Banksy, le nouveau Robin des Bois du monde de l’Art
Banksy est aujourd’hui l’artiste urbain à la fois le plus célèbre et le plus anonyme, le plus marginal et le plus commercial (à ses dépens…), le plus engagé et le plus détourné, le plus solitaire et le mieux entouré. Paradoxal Robin des Bois pris à son piège.
Tout aurait commencé à Bristol en 1990. Ses œuvres exécutées au pochoir sur des murs délabrés, souvent détruites lors de guerres, parfois recouvertes ou volées, se retrouvent à présent reproduites et encadrées dans les musées. Les deux expositions présentées en Suisse, l’une au Palais de Beaulieu à Lausanne (jusqu’au 29 juin), l’autre permanente à Saxon en Valais, font partie des vingt-sept faisant le tour d’autres villes dans le monde. La plupart ne sont pas autorisées par l’artiste qui s’en plaint, mais comme il a déclaré lui-même que « les droits d’auteur, c’est pour les perdants », il se retrouve victime (malgré lui) d’un accrochage parfois peu vertueux et d’une commercialisation à outrance.

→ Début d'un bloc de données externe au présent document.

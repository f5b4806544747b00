ghost use Rattle.std.specs.Prelude.{◌≡◌, IfOk};
ghost use Rattle.pcj_encode.specs.Range.{patterns, range_of};
ghost use Rattle.pcj_notify.specs.declared.ask.Ask.{Ask};
ghost use Rattle.pcj_notify.specs.declared.ask.Ask.TheVariants.{Next};
ghost use Rattle.pcj_notify.specs.Plans.{beyond};
ghost use Rattle.pcj_obs_pattern.specs.Plan.{IsTripleAsk, MeetsRow};

use crate::meeting::meet;
use crate::row::read_row;
use crate::writes::ended;
use pcj_encode::pattern_range;
use pcj_notify::{Answer, Ask, Task};
use pcj_table::Pair;
use pcj_term::{Memory, Triple};
use std::alloc::Global;

/// What is asked for a triple's task: it meets one pattern after another.
pub(crate) fn plan_triple(
    alloc: Global,
    task: &Task,
    triple: &Triple,
    answers: &[Answer],
) -> Result<Ask, Memory>
    requires { (ask : Ask) × IsTripleAsk task.now triple.now answers.now ask }
    ensures { IfOk result (λ ask. IsTripleAsk task.now triple.now answers.now ask) }
{
    match answers {
        [] => next_pattern(alloc, task),
        [Answer::Stepped(None)] => Ok(Ask::Commit(ended(alloc, task)?)),
        [Answer::Stepped(Some(pair)), answers @ ..] => {
            meet_row(alloc, task, triple, pair, answers)
        }
        _ => unreachable!(),
    }
}

/// The first pattern after the cursor.
fn next_pattern(alloc: Global, task: &Task) -> Result<Ask, Memory>
    ensures { IfOk result (λ ask. ask ≡ Next (beyond task.now.cursor (range_of patterns))) }
{
    Ok(Ask::Next(task.beyond(alloc, pattern_range(alloc)?)?))
}

/// The pattern of this row meets the triple.
fn meet_row(
    alloc: Global,
    task: &Task,
    triple: &Triple,
    pair: &Pair,
    answers: &[Answer],
) -> Result<Ask, Memory>
    requires { (ask : Ask) × MeetsRow task.now triple.now pair.now answers.now ask }
    ensures { IfOk result (λ ask. MeetsRow task.now triple.now pair.now answers.now ask) }
{
    let row = read_row(alloc, pair.key.as_slice(), pair.value.as_slice())?;
    meet(alloc, task, pair.key.as_slice(), &row, triple, answers)
}
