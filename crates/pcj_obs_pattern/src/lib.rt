//! Observers of triple patterns: what is asked next for the task of a triple, which meets the registered patterns, and for
//! that of a backfill, by which a registered pattern meets the triples that are there.
//!
//! `plan_pattern` is the plan of both, a function of the task and of the answers so far. A pattern is read from its row,
//! which has its slots and the order of the variables of its node.
#![tactic(auto)]

mod backfill;
mod fields;
mod keys;
mod laws;
mod meeting;
mod plan;
mod row;
mod triple_task;
mod writes;

pub use laws::asks_are_one;
pub use plan::plan_pattern;
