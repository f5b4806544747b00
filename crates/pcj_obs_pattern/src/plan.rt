ghost use Rattle.std.specs.Prelude.{IfOk};
ghost use Rattle.pcj_notify.specs.declared.ask.Ask.{Ask};
ghost use Rattle.pcj_obs_pattern.specs.Plan.{IsPatternAsk};

use crate::backfill::plan_backfill;
use crate::triple_task::plan_triple;
use pcj_encode::TaskName;
use pcj_notify::{Answer, Ask, Task};
use pcj_term::{Items, Memory};
use std::alloc::Global;

/// What is asked next for the task of a triple or of a backfill, after these answers to what was asked before. `Memory`
/// where there is none left for it.
pub fn plan_pattern(alloc: Global, task: &Task, answers: &Items<Answer>) -> Result<Ask, Memory>
    requires { (ask : Ask) × IsPatternAsk task.now answers.now ask }
    ensures { IfOk result (λ ask. IsPatternAsk task.now answers.now ask) }
{
    match &task.name {
        TaskName::Triple(triple) => plan_triple(alloc, task, triple, answers.as_slice()),
        TaskName::Backfill { registration, node } => {
            plan_backfill(alloc, task, *registration, *node, answers.as_slice())
        }
        _ => unreachable!(),
    }
}
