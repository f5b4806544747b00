ghost use Rattle.std.specs.Prelude.{◌≡◌, Some, IfOk, IsSome};
ghost use Rattle.std.specs.Option.{option_copied};
ghost use Rattle.pcj_term.specs.Reading.{after, term_of};
ghost use Rattle.pcj_answers.specs.Rows.{cell};
ghost use Rattle.pcj_tree.specs.Reading.{slot_of};
ghost use Rattle.pcj_obs_pattern.specs.Rows.{cells_of};

use pcj_algebra::Slot;
use pcj_expr::Mapping;
use pcj_term::{Bytes, Items, Memory, Term, print_term, read_term};
use std::alloc::Global;

/// The slot that a part of a pattern's row writes: a variable behind a question mark, or a printed term.
pub(crate) fn slot_of(alloc: Global, part: &[u8]) -> Result<Slot, Memory>
    requires { IsSome (slot_of part.now) }
    ensures { IfOk result (λ slot. slot_of part.now ≡ Some slot) }
{
    match name_of(part) {
        Some(name) => Ok(Slot::Var(Bytes::from_slice(alloc, name)?)),
        None => Ok(Slot::Value(term_of(alloc, part)?)),
    }
}

/// The name of a variable, where a question mark stands before it.
fn name_of(part: &[u8]) -> Option<&[u8]>
    ensures { option_copied result ≡ after 63 part.now }
{
    match part {
        [b'?', name @ ..] => Some(name),
        _ => None,
    }
}

/// The valid term that the part prints.
fn term_of(alloc: Global, part: &[u8]) -> Result<Term, Memory>
    requires { IsSome (term_of part.now) }
    ensures { IfOk result (λ term. term_of part.now ≡ Some term) }
{
    match read_term(alloc, part)? {
        Some(term) => Ok(term),
        None => unreachable!(),
    }
}

/// What the mapping gives the variables of an order, printed.
pub(crate) fn cells_of(
    alloc: Global,
    order: &[Bytes],
    mapping: &Mapping,
) -> Result<Items<Bytes>, Memory>
    ensures { IfOk result (λ cells. cells ≡ cells_of order.now mapping.now) }
{
    let mut cells = Items::new(alloc);
    for name in order {
        cells.push(cell_of(alloc, mapping.get(name))?)?;
    }
    Ok(cells)
}

fn cell_of(alloc: Global, term: Option<&Term>) -> Result<Bytes, Memory>
    ensures { IfOk result (λ bytes. bytes ≡ cell (option_copied term.entry)) }
{
    match term {
        None => Ok(Bytes::new(alloc)),
        Some(term) => print_term(alloc, term),
    }
}
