ghost use Rattle.std.specs.Prelude.{◌≡◌, ℕ, List, Some, IfOk, IsSome};
ghost use Rattle.pcj_algebra.specs.declared.triple_pattern.TriplePattern.{TriplePattern};
ghost use Rattle.pcj_tree.specs.Reading.{slot_of};
ghost use Rattle.pcj_obs_pattern.specs.Rows.{IsPatternRow};
ghost use Rattle.pcj_obs_pattern.specs.Reading.{ArePartsOf, IsValueOf, row_of};

use crate::fields::slot_of;
use crate::keys::numbers_of;
use pcj_algebra::TriplePattern;
use pcj_key::split_parts;
use pcj_term::{Bytes, Items, Memory, TryClone};
use std::alloc::Global;

/// A pattern of a registered query, as its row has it.
#[derive(Drop)]
pub(crate) struct PatternRow {
    /// The number of its registration.
    pub(crate) registration: u64,
    /// Its node in the registration's tree.
    pub(crate) node: u16,
    pub(crate) pattern: TriplePattern,
    /// The variables, as they stand in the rows of its node.
    pub(crate) order: Items<Bytes>,
}

/// The pattern whose row has this key and this value.
pub(crate) fn read_row(alloc: Global, key: &[u8], value: &[u8]) -> Result<PatternRow, Memory>
    requires { (registration : ℕ) × (node : ℕ) × (of : TriplePattern) × (order : List (List ℕ)) × IsPatternRow registration node of order key.now value.now }
    ensures { (registration node : ℕ) (of : TriplePattern) (order : List (List ℕ)) → IsPatternRow registration node of order key.now value.now → IfOk result (λ found. found ≡ row_of registration node of order) }
{
    let (registration, node) = numbers_of(alloc, key)?;
    read_value(alloc, registration, node, value)
}

/// The pattern with these numbers whose row has this value.
pub(crate) fn read_value(
    alloc: Global,
    registration: u64,
    node: u16,
    value: &[u8],
) -> Result<PatternRow, Memory>
    requires { (of : TriplePattern) × (order : List (List ℕ)) × IsValueOf of order value.now }
    ensures { (of : TriplePattern) (order : List (List ℕ)) → IsValueOf of order value.now → IfOk result (λ found. found ≡ row_of registration node of order) }
{
    match split_parts(alloc, value)? {
        Some(parts) => read_parts(alloc, registration, node, parts.as_slice()),
        None => unreachable!(),
    }
}

/// The pattern with these numbers whose row has a value of these parts.
fn read_parts(
    alloc: Global,
    registration: u64,
    node: u16,
    parts: &[Bytes],
) -> Result<PatternRow, Memory>
    requires { (of : TriplePattern) × (order : List (List ℕ)) × ArePartsOf of order parts.now }
    ensures { (of : TriplePattern) (order : List (List ℕ)) → ArePartsOf of order parts.now → IfOk result (λ found. found ≡ row_of registration node of order) }
{
    let [subject, predicate, object, order @ ..] = parts else {
        unreachable!()
    };
    Ok(PatternRow {
        registration,
        node,
        pattern: pattern_of(
            alloc,
            subject.as_slice(),
            predicate.as_slice(),
            object.as_slice(),
        )?,
        order: copy_of(alloc, order)?,
    })
}

/// The pattern of three slots.
fn pattern_of(
    alloc: Global,
    subject: &[u8],
    predicate: &[u8],
    object: &[u8],
) -> Result<TriplePattern, Memory>
    requires subject { IsSome (slot_of subject.now) }
    requires predicate { IsSome (slot_of predicate.now) }
    requires object { IsSome (slot_of object.now) }
    ensures subject { IfOk result (λ of. slot_of subject.now ≡ Some of.subject) }
    ensures predicate { IfOk result (λ of. slot_of predicate.now ≡ Some of.predicate) }
    ensures object { IfOk result (λ of. slot_of object.now ≡ Some of.object) }
{
    Ok(TriplePattern {
        subject: slot_of(alloc, subject)?,
        predicate: slot_of(alloc, predicate)?,
        object: slot_of(alloc, object)?,
    })
}

fn copy_of(alloc: Global, names: &[Bytes]) -> Result<Items<Bytes>, Memory>
    ensures { IfOk result (λ copy. copy ≡ names.now) }
{
    let mut copy = Items::new(alloc);
    for name in names {
        copy.push(name.try_clone(alloc)?)?;
    }
    Ok(copy)
}
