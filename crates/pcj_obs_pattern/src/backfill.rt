ghost use Rattle.std.specs.Prelude.{◌≡◌, IfOk};
ghost use Rattle.pcj_patterns.specs.Serving.{rows_of};
ghost use Rattle.pcj_notify.specs.declared.ask.Ask.{Ask};
ghost use Rattle.pcj_notify.specs.declared.ask.Ask.TheVariants.{Next};
ghost use Rattle.pcj_notify.specs.Plans.{beyond};
ghost use Rattle.pcj_obs_pattern.specs.Plan.{IsBackfillAsk, GoesOver, MeetsTriple};
ghost use Rattle.pcj_obs_pattern.specs.Reading.{OverAt};

use crate::keys::{pattern_key, triple_of};
use crate::meeting::meet;
use crate::row::{PatternRow, read_value};
use crate::writes::ended;
use pcj_algebra::TriplePattern;
use pcj_notify::{Answer, Ask, Task};
use pcj_patterns::pattern_rows;
use pcj_table::Pair;
use pcj_term::{Bytes, Memory};
use std::alloc::Global;

/// What is asked for the task of a backfill: its pattern, which then meets one triple after another.
pub(crate) fn plan_backfill(
    alloc: Global,
    task: &Task,
    registration: u64,
    node: u16,
    answers: &[Answer],
) -> Result<Ask, Memory>
    requires { (ask : Ask) × IsBackfillAsk task.now registration node answers.now ask }
    ensures { IfOk result (λ ask. IsBackfillAsk task.now registration node answers.now ask) }
{
    match answers {
        [] => Ok(Ask::Get(pattern_key(alloc, registration, node)?)),
        [Answer::Got(Some(value)), answers @ ..] => {
            go_over(alloc, task, registration, node, value, answers)
        }
        _ => unreachable!(),
    }
}

/// The pattern whose row has this value goes over the triples.
fn go_over(
    alloc: Global,
    task: &Task,
    registration: u64,
    node: u16,
    value: &Bytes,
    answers: &[Answer],
) -> Result<Ask, Memory>
    requires { (ask : Ask) × GoesOver task.now registration node value.now answers.now ask }
    ensures { IfOk result (λ ask. GoesOver task.now registration node value.now answers.now ask) }
{
    let row = read_value(alloc, registration, node, value.as_slice())?;
    over_triples(alloc, task, &row, answers)
}

fn over_triples(
    alloc: Global,
    task: &Task,
    row: &PatternRow,
    answers: &[Answer],
) -> Result<Ask, Memory>
    requires { (ask : Ask) × OverAt task.now row.now answers.now ask }
    ensures { IfOk result (λ ask. OverAt task.now row.now answers.now ask) }
{
    match answers {
        [] => next_triple(alloc, task, &row.pattern),
        [Answer::Stepped(None)] => Ok(Ask::Commit(ended(alloc, task)?)),
        [Answer::Stepped(Some(pair)), answers @ ..] => {
            meet_triple(alloc, task, row, pair, answers)
        }
        _ => unreachable!(),
    }
}

/// The first triple of the pattern's range after the cursor.
fn next_triple(alloc: Global, task: &Task, pattern: &TriplePattern) -> Result<Ask, Memory>
    ensures { IfOk result (λ ask. ask ≡ Next (beyond task.now.cursor (rows_of pattern.now).1)) }
{
    let (_, range) = pattern_rows(alloc, pattern)?;
    Ok(Ask::Next(task.beyond(alloc, range)?))
}

/// The pattern meets the triple of this row.
fn meet_triple(
    alloc: Global,
    task: &Task,
    row: &PatternRow,
    pair: &Pair,
    answers: &[Answer],
) -> Result<Ask, Memory>
    requires { (ask : Ask) × MeetsTriple task.now row.now.registration row.now.node row.now.pattern row.now.order pair.now answers.now ask }
    ensures { IfOk result (λ ask. MeetsTriple task.now row.now.registration row.now.node row.now.pattern row.now.order pair.now answers.now ask) }
{
    let triple = triple_of(alloc, pair.key.as_slice())?;
    meet(alloc, task, pair.key.as_slice(), row, &triple, answers)
}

Des produits dérivés (casquettes, tee-shirts, pins, calendriers, et autres) attendent le visiteur lausannois, tandis qu’à Saxon on a opté pour une approche plus « banksienne », puisque le visiteur qui circule au milieu des gravats et du bitume (remarquable reconstitution) ne trouvera pour tout souvenir qu’un petit flyer cartonné.
Les œuvres de Banksy, qui auraient dû être éphémères et sans valeur commerciale, atteignent aujourd’hui des sommes astronomiques. En 2018 la plus célèbre d’entre elles, « There is always hope » qui représente une petite fille lâchant – ou voulant rattraper – un ballon, a connu une vente aux enchères spectaculaire, car, après le coup de marteau final, à l’insu de l’acquéreur et sous les yeux médusés du public, la moitié du tableau a été subitement réduite en lambeaux, l’artiste s’étant ingénié à dissimuler derrière le cadre un broyeur enclenché précisément à ce moment. Juste avant, l’œuvre avait été en effet adjugée à 1,2 millions d’euros et l’événement du déchiquetage fut qualifié alors de « happening artistique le plus spectaculaire du XXIe siècle ». Trois ans plus tard, toujours à Londres, le prix de l’œuvre « broyée », rebaptisée « Love is in the bin » (« l’amour est dans la poubelle »), s’est alors envolé pour atteindre 21,8 millions d’euros ! Si Banksy voulait dénoncer la « marchandisation » de l’art, c’était raté.
Engagé en particulier pour les migrants, les Gazaouis et les Ukrainiens, Banksy parvient à fédérer tout le monde, même ceux qui ne partageraient pas ses prises de position et ce grâce à la qualité suprême de ce Robin des Bois des temps modernes : son humour et son sens de la dérision. Les exemples sont innombrables, mais en voici deux : le tableau représentant un soldat israélien et un soldat palestinien se battant comme des enfants à coups … d’oreillers ; et le « lanceur de fleurs », un homme, le visage dissimulé qui, au lieu de lancer une grenade ou une pierre, lance un bouquet de fleurs. On sourit malgré la violence de l’évocation.
Les deux expositions présentent les œuvres les plus célèbres de l’artiste et l’on aura plaisir à les comparer. Celle de Lausanne est sans doute plus spectaculaire et plus complète avec sa cabine de téléphone rouge (typiquement anglaise) à moitié enterrée dans le sol, son éléphant au milieu d’un salon, sa rame de métro, son parlement des singes, sa salle de bain envahie de rats, mais celle de Saxon plongera le visiteur dans un univers plus « banksien », car peut-être moins commercial, si cela est encore possible.
En tout cas, voilà de quoi nourrir notre réflexion sur l’art et son marché sans pour autant perdre peut-être le plus important, le plaisir et l’étonnement devant les œuvres de l’artiste le plus énigmatique de notre époque.